Two papers accepted in ACM CIKM 2023 (full papers)

1
Title: ELTRA: An Embedding Method based on Learning-to-Rank to Preserve Asymmetric Information in Directed Graphs
Author: Masoud Reyhani Hamedani, Jin-Su Ryu, and Sang-Wook Kim
Abstract
Double-vector embedding methods capture the asymmetric information in directed graphs first, and then preserve them in the embedding space by providing two latent vectors, i.e., source and target, per node. Although these methods are known to be superior to the single-vector ones (i.e., providing a single latent vector per node), we point out their three drawbacks as inability to preserve asymmetry on NU-paths, inability to preserve global nodes similarity, and impairing in/out-degree distributions. To address these, we first propose CRW, a novel similarity measure for graphs that considers contributions of both in-links and out-links in similarity computation, without ignoring their directions. Then, we propose ELTRA, an effective double-vector embedding method to preserve asymmetric information in directed graphs. ELTRA computes asymmetry preserving proximity scores (AP-scores) by employing CRW in which the contribution of out-links and in-links in similarity computation is upgraded and downgraded, respectively. Then, for every node 𝑢, ELTRA selects its top-𝑡 closest nodes based on AP-scores and conforms the ranks of their corresponding target vectors w.r.t 𝑢’s source vector in the embedding space to their original ranks.
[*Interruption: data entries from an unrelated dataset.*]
//! What the solver finds of a formula in so many turns.
ghost use Rattle.std.specs.Prelude.{◌+◌, ◌<◌, ◌≤◌, ◌^◌, length, IfOk};
ghost use Rattle.heesch_torus.specs.Outcome.{IsOutcome};

use heesch_cdcl::{Found, Solver};
use heesch_cnf::{FlatFormula, Log};
use heesch_io::{NoMemory, Seq};
use std::alloc::Global;

/// A model of the formula, or the log of the search.
#[derive(Drop)]
pub(crate) enum Outcome {
    Model { values: Seq<bool> },
    Refuted { log: Log },
    Spent { log: Log },
}

/// Asks the solver once.
pub(crate) fn solve(alloc: Global, formula: FlatFormula, turns: u32) -> Result<Outcome, NoMemory>
    requires some { 1 ≤ turns }
    requires room { length formula.clauses + turns < 2 ^ 31 }
    ensures { IfOk result (IsOutcome formula.vars formula.clauses turns) }
{
    let mut solver = Solver::over(alloc, formula, turns)?;
    let found = solver.next()?;
    match found {
        Found::Model { values } => Ok(Outcome::Model { values }),
        Found::Refuted => Ok(Outcome::Refuted {
            log: solver.into_log(),
        }),
        Found::Spent => Ok(Outcome::Spent {
            log: solver.into_log(),
        }),
    }
}
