//! Isometries near 0.
ghost use Rattle.heesch_tiling.specs.Counting.{IsInRange};

use heesch_grid::{Grid, Iso};
use std::marker::PhantomData;

/// An isometry of the grid by a translation within 100,000 of 0.
#[derive(Drop)]
pub(crate) struct NearIso<G: Grid> {
    pub iso: Iso,
    pub grid: PhantomData<G>,
    ghost range: { IsInRange G.geometry iso },
}
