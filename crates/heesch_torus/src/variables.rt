//! The variables of the torus formula.
ghost use Rattle.std.specs.Prelude.{◌≡◌, ◌<◌, ◌≤◌, ◌+◌, ◌*◌, true, length, IfOk, OnOk};
ghost use Rattle.heesch_grid.specs.declared.Cell.{Cell};
ghost use Rattle.heesch_grid.specs.Cells.{has};
ghost use Rattle.heesch_grid.specs.Lattice.{IsTriple};
ghost use Rattle.heesch_grid.specs.Polyform.{IsPolyform};
ghost use Rattle.heesch_grid.specs.Vectors.{IsWithin};
ghost use Rattle.heesch_torus.specs.Variables.{AreVariables};
ghost use Rattle.heesch_torus.specs.Trying.{tried, HasTried};

use crate::found::{Found, Variable};
use crate::near_iso::NearIso;
use crate::residues::residues_of;
use crate::tiles::Tiles;
use heesch_grid::{Cell, Grid, Iso};
use heesch_io::NoMemory;
use heesch_lattice::Triple;
use std::alloc::Global;
use std::marker::PhantomData;

/// How many translations lie within the triple.
fn translation_count(triple: Triple) -> u32
    ensures { result ≡ triple.p * triple.q }
{
    triple.p * triple.q
}

/// The k-th isometry of a turn within the triple, by db and then by da.
fn isometry_at<G: Grid>(triple: Triple, turn: u32, k: u32) -> NearIso<G>
    requires turn { turn < G.geometry.turns }
    requires number { k ≤ 1000 }
    ensures { result.iso ≡ tried triple turn k }
{
    NearIso {
        iso: Iso {
            turn,
            da: (k % triple.p) as i32,
            db: (k / triple.p) as i32,
        },
        grid: PhantomData,
    }
}

/// Adds the residue sets of the isometries of a turn.
fn try_turn<G: Grid>(found: &mut Found, tiles: &Tiles<G>, turn: u32) -> Result<(), NoMemory>
    requires turn { turn < G.geometry.turns }
    requires before { HasTried G.geometry tiles.now.cells.now tiles.now.triple turn 0 found.old }
    ensures { OnOk result (HasTried G.geometry tiles.now.cells.now tiles.now.triple (turn + 1) 0 found.new) }
{
    let triple = tiles.triple;
    for k in 0..translation_count(triple) {
        let by = isometry_at::<G>(triple, turn, k);
        if let Some(residues) = residues_of(tiles, &by) {
            found.add(residues, by.iso)?;
        }
    }
    Ok(())
}

/// The residue sets of the tiles, each with its first isometry.
fn variables_of_tiles<G: Grid>(alloc: Global, tiles: &Tiles<G>) -> Result<Vec<Variable>, NoMemory>
    ensures { IfOk result (λ v. AreVariables G.geometry tiles.now.cells.now tiles.now.triple v.items) }
{
    let mut found = Found::new(alloc);
    for turn in 0..G::TURNS {
        try_turn(&mut found, tiles, turn)?;
    }
    found.into_variables(alloc)
}

/// The variables of the torus formula in number order: the residue sets, each with its isometry, the first within the
/// triple that gives it.
///
/// Condition: the cells are those of a polyform and lie within 100,000 of 0, and the triple has at most 384
/// translations. `NoMemory` says nothing more. Cost: for each isometry within the triple a reduction for each cell, and
/// a look-up among the sets found so far.
pub fn variables_of<G: Grid>(
    alloc: Global,
    cells: &[Cell],
    triple: Triple,
) -> Result<Vec<Variable>, NoMemory>
    requires triple { IsTriple triple }
    requires small { triple.p * triple.q ≤ 384 }
    requires form { IsPolyform G.geometry cells.now }
    requires few { length cells.now ≤ 32 }
    requires near { (c : Cell) → has cells.now c ≡ true → IsWithin 100000 c }
    ensures { IfOk result (λ v. AreVariables G.geometry cells.now triple v.items) }
{
    let tiles = Tiles::<G> {
        cells,
        triple,
        grid: PhantomData,
    };
    variables_of_tiles(alloc, &tiles)
}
Our extensive experimental results with seven real-world datasets and sixteen embedding methods show that (1) CRW significantly outperforms Katz and RWR in computing nodes similarity in graphs, (2) ELTRA outperforms the existing state-of-the-art methods in graph reconstruction, link prediction, and node classification tasks.

2
Title: SAGE: A Storage-Based Approach for Scalable and Efficient Sparse Generalized Matrix-Matrix Multiplication
Author: Myung-Hwan Jang*, Yunyong Ko*, Hyuck-Moo Gwon, Ikhyeon Jo, Yongjun Park, and Sang-Wook Kim
Abstract
Sparse generalized matrix-matrix multiplication (SpGEMM) is a fundamental operation for real-world network analysis. With the increasing size of real-world networks, the single-machine-based SpGEMM approach cannot perform SpGEMM on large-scale networks, exceeding the size of main memory (i.e., not scalable). Although the distributed-system-based approach could handle largescale SpGEMM based on multiple machines, it suffers from severe inter-machine communication overhead to aggregate results of multiple machines (i.e., not efficient). To address this dilemma, in this paper, we propose a novel storage-based SpGEMM approach (SAGE) that stores given networks in storage (e.g., SSD) and loads only the necessary parts of the networks into main memory when they are required for processing via a 3-layer architecture. Furthermore, we point out three challenges that could degrade the overall performance of SAGE and propose three effective strategies to address them: (1) block-based workload allocation for balancing workloads across threads, (2) in-memory partial aggregation for reducing the amount of unnecessarily generated storage-memory I/Os, and (3) distribution-aware memory allocation for preventing unexpected buffer overflows in main memory. Via extensive evaluation, we verify the superiority of SAGE over existing SpGEMM methods in terms of scalability and efficiency.